From the data in this format on request from the Mongodb database to be built tree species:
<ol>
<li>
<span> Books </span>
<ol>
<li>
<span> Programming </span>
</li>
</ol>
</li>
</ol>
I can not understand the principle of tree traversal.
P.S. I'd like to do without the third-party libraries
I guess you need something like this
function make_tree() {
var tree = document.getElementById("tree");
data.forEach(function(elem){
var elem_parent = document.getElementById("tree_" + elem.level);
if(elem_parent){
var cur_element = document.createElement("li");
cur_element.setAttribute('id','tree_' + elem.level + "_" + elem.id);
cur_element.innerHTML = "<span>" + elem.caption + "</span>";
elem_parent.appendChild(cur_element);
}
else {
var cur_parent = document.createElement("ol");
cur_parent.setAttribute('id','tree_' + elem.level);
var cur_element = document.createElement("li");
cur_element.setAttribute('id','tree_' + elem.level + "_" + elem.id);
cur_element.innerHTML = "<span>" + elem.caption + "</span>";
cur_parent.appendChild(cur_element);
parent_before = document.getElementById("tree_" + (elem.level - 1));
if (parent_before) parent_before.appendChild(cur_parent);
else tree.appendChild(cur_parent);
}
});
}
EXAMPLE FIDDLE
The better answer to this is to simply store the tree structure within your MongoDB document:
{
"0": {
"caption": "Books",
"items": {
"0": {
"caption": "Programming",
"items": {
"0": {
"caption": "Languages",
},
"1": {
"caption": "Databases",
"items": {
"0": {
"caption": "MongoDB"
},
"1": {
"caption": "dbm"
}
}
}
}
}
}
}
}
That has a natural order to it and provides in a single read a very easy way to get a structure that can be traversed in the concept of building a menu.
It is also very simple to update, so to add a new item to, say the "Languages" level, then you have a clear path to update:
db.collection.update(
{},
{
"$set": {
"0.items.0.items.0.items.0.caption": "C++"
}
}
)
And to add another:
db.collection.update(
{},
{
"$set": {
"0.items.0.items.0.items.1.caption": "Pascal"
}
}
)
Now this as with all tree structures does require some knowledge of the level you are inserting at. The design here ( and horribly over-engineered ) is at least allowing easy updates. It is a structure that would be notoriously bad to query but that is not the point.

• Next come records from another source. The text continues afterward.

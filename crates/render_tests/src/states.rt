//! States and switches, changed one after the other.
use crate::shown::entity;
use ha_clock::Moment;
use ha_sight::Change;
use ha_value::{Many, Num, Value, Word, push_value};
use state_table::StateTable;
use std::alloc::{AllocError, Global};

// 2024-05-01T20:00:00Z
const EIGHT: u64 = 1_714_593_600_000;

/// What is done to a table, or asked of it. Seconds are those after eight.
#[derive(Clone, Copy)]
enum Step<'a> {
    /// An entity is reported with a text, at this second, and this changes.
    Says(&'a str, &'a str, u64, Change),
    /// The same, with an attribute.
    Has(&'a str, &'a str, u64, Change),
    /// An entity goes; whether it had a state.
    Goes(&'a str, bool),
    /// A switch is set at this second.
    Sets(&'a str, bool, u64),
    /// No state is left.
    Clears,
    /// An entity has a text, since that second, and was updated at that one.
    Is(&'a str, &'a str, u64, u64),
    /// Whether the id is that of an entity with a state.
    Named(&'a str, bool),
}

/// The attribute `u`, or none.
fn attributes(alloc: Global, has: bool) -> Result<Many<(Word, Value)>, AllocError> {
    let mut pairs = Many::make(alloc);
    if has {
        push_value(alloc, &mut pairs, "u", Value::Number(Num::Whole(1)))?;
    }
    Ok(pairs)
}

/// The moment so many seconds after eight, within the hour.
fn at(seconds: u64) -> Moment {
    Moment::at(EIGHT + seconds % 3600 * 1000)
}

/// Whether a report changes this.
fn changes(
    alloc: Global,
    table: &mut StateTable,
    id: &str,
    text: &str,
    has: bool,
    second: u64,
    wanted: Change,
) -> Result<bool, AllocError> {
    let entity = entity(alloc, id)?;
    let text = Word::from_str(alloc, text)?;
    let pairs = attributes(alloc, has)?;
    let change = table.report(alloc, &entity, &text, &pairs, at(second))?;
    Ok(change == wanted)
}

/// Whether the entity has this text and these moments.
fn is_state(
    alloc: Global,
    table: &StateTable,
    id: &str,
    text: &str,
    changed: u64,
    updated: u64,
) -> Result<bool, AllocError> {
    let entity = entity(alloc, id)?;
    match table.get(&entity) {
        Some(state) => Ok(
            state.text.as_str() == text
                && state.changed == at(changed)
                && state.updated == at(updated),
        ),
        None => Ok(false),
    }
}

fn goes(alloc: Global, table: &mut StateTable, id: &str) -> Result<bool, AllocError> {
    let entity = entity(alloc, id)?;
    Ok(table.gone(&entity))
}

fn sets(
    alloc: Global,
    table: &mut StateTable,
    id: &str,
    on: bool,
    second: u64,
) -> Result<bool, AllocError> {
    let entity = entity(alloc, id)?;
    table.set_switch(alloc, &entity, on, at(second))?;
    Ok(true)
}

/// Takes a step; whether it goes as it is said.
fn goes_on(alloc: Global, table: &mut StateTable, step: Step<'_>) -> Result<bool, AllocError> {
    match step {
        Step::Says(id, text, second, change) => {
            changes(alloc, table, id, text, false, second, change)
        }
        Step::Has(id, text, second, change) => {
            changes(alloc, table, id, text, true, second, change)
        }
        Step::Goes(id, had) => Ok(goes(alloc, table, id)? == had),
        Step::Sets(id, on, second) => sets(alloc, table, id, on, second),
        Step::Clears => {
            table.clear();
            Ok(true)
        }
        Step::Is(id, text, changed, updated) => {
            is_state(alloc, table, id, text, changed, updated)
        }
        Step::Named(id, has) => Ok(table.named(id).is_some() == has),
    }
}

/// Whether each step goes as it is said.
fn all_go(alloc: Global, steps: &[Step<'_>]) -> bool {
    match all_gone(alloc, steps) {
        Ok(is) => is,
        Err(_) => false,
    }
}

/// The same, or that there is no memory for it.
fn all_gone(alloc: Global, steps: &[Step<'_>]) -> Result<bool, AllocError> {
    let mut table = StateTable::make(alloc);
    for next in steps {
        if !goes_on(alloc, &mut table, *next)? {
            return Ok(false);
        }
    }
    Ok(true)
}

#[test]
fn an_attribute_moves_updated_alone(rt: HostRuntime) {
    let id = "sensor.t";
    assert!(rt;
        all_go(
            rt.alloc(),
            &[
                Step::Named(id, false),
                Step::Says(id, "5", 0, Change::Appeared),
                Step::Says(id, "5", 10, Change::Same),
                Step::Is(id, "5", 0, 0),
                Step::Has(id, "5", 20, Change::Attributes),
                Step::Is(id, "5", 0, 20),
                Step::Has(id, "6", 30, Change::Text),
                Step::Is(id, "6", 30, 30),
            ]
        )
    );
}

#[test]
fn what_goes_appears_anew(rt: HostRuntime) {
    assert!(rt;
        all_go(
            rt.alloc(),
            &[
                Step::Says("light.x", "on", 0, Change::Appeared),
                Step::Says("light.y", "on", 0, Change::Appeared),
                Step::Goes("light.x", true),
                Step::Goes("light.x", false),
                Step::Named("light.x", false),
                Step::Says("light.x", "on", 5, Change::Appeared),
                Step::Is("light.x", "on", 5, 5),
                Step::Is("light.y", "on", 0, 0),
                Step::Named("light.y", true),
                Step::Named("light.z", false),
                Step::Named("light", false),
            ]
        )
    );
}

#[test]
fn a_restart_sets_switches_anew(rt: HostRuntime) {
    let id = "automation.hall";
    assert!(rt;
        all_go(
            rt.alloc(),
            &[
                Step::Sets(id, true, 0),
                Step::Says("light.x", "on", 0, Change::Appeared),
                Step::Clears,
                Step::Named("light.x", false),
                Step::Sets(id, true, 9),
                Step::Is(id, "on", 9, 9),
                Step::Sets(id, false, 12),
                Step::Is(id, "off", 12, 12),
            ]
        )
    );
}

But of course the limitation here is for "small" tree structures (which is still under 16MB and a quite a lot of tree), but for anything that was particularly large that is where larger model implementations come in
The thing with processing trees in the way as presented in the sample data is that each node needs to be pulled in one at at time. So exactly as stated in the documentation you are pulling results like this:
var databaseCategory = db.categories.findOne( { _id: "Databases" } );
db.categories.find({
left: { $gt: databaseCategory.left },
right: { $lt: databaseCategory.right }
});
So there is a a way of pulling all the children out from a given node, but now consider what you need to do in order to add any new items:
So in order to add something in the languages node as was done earlier, not only are you dealing with inserting a new value, but also updating all the other node values in the tree to represent there position as shown in the example documentation.
There are ways around that by "bucketing" the values on nodes in order to allow for insertion and removal, but much as the whole subject of modelling tree structures like this, is way out of scope for an answer on this site.
So for your given use case of producing a menu, you are better off using the native data structure features of your storage and simply storing and calling the data with a native structure to how you are going to use it.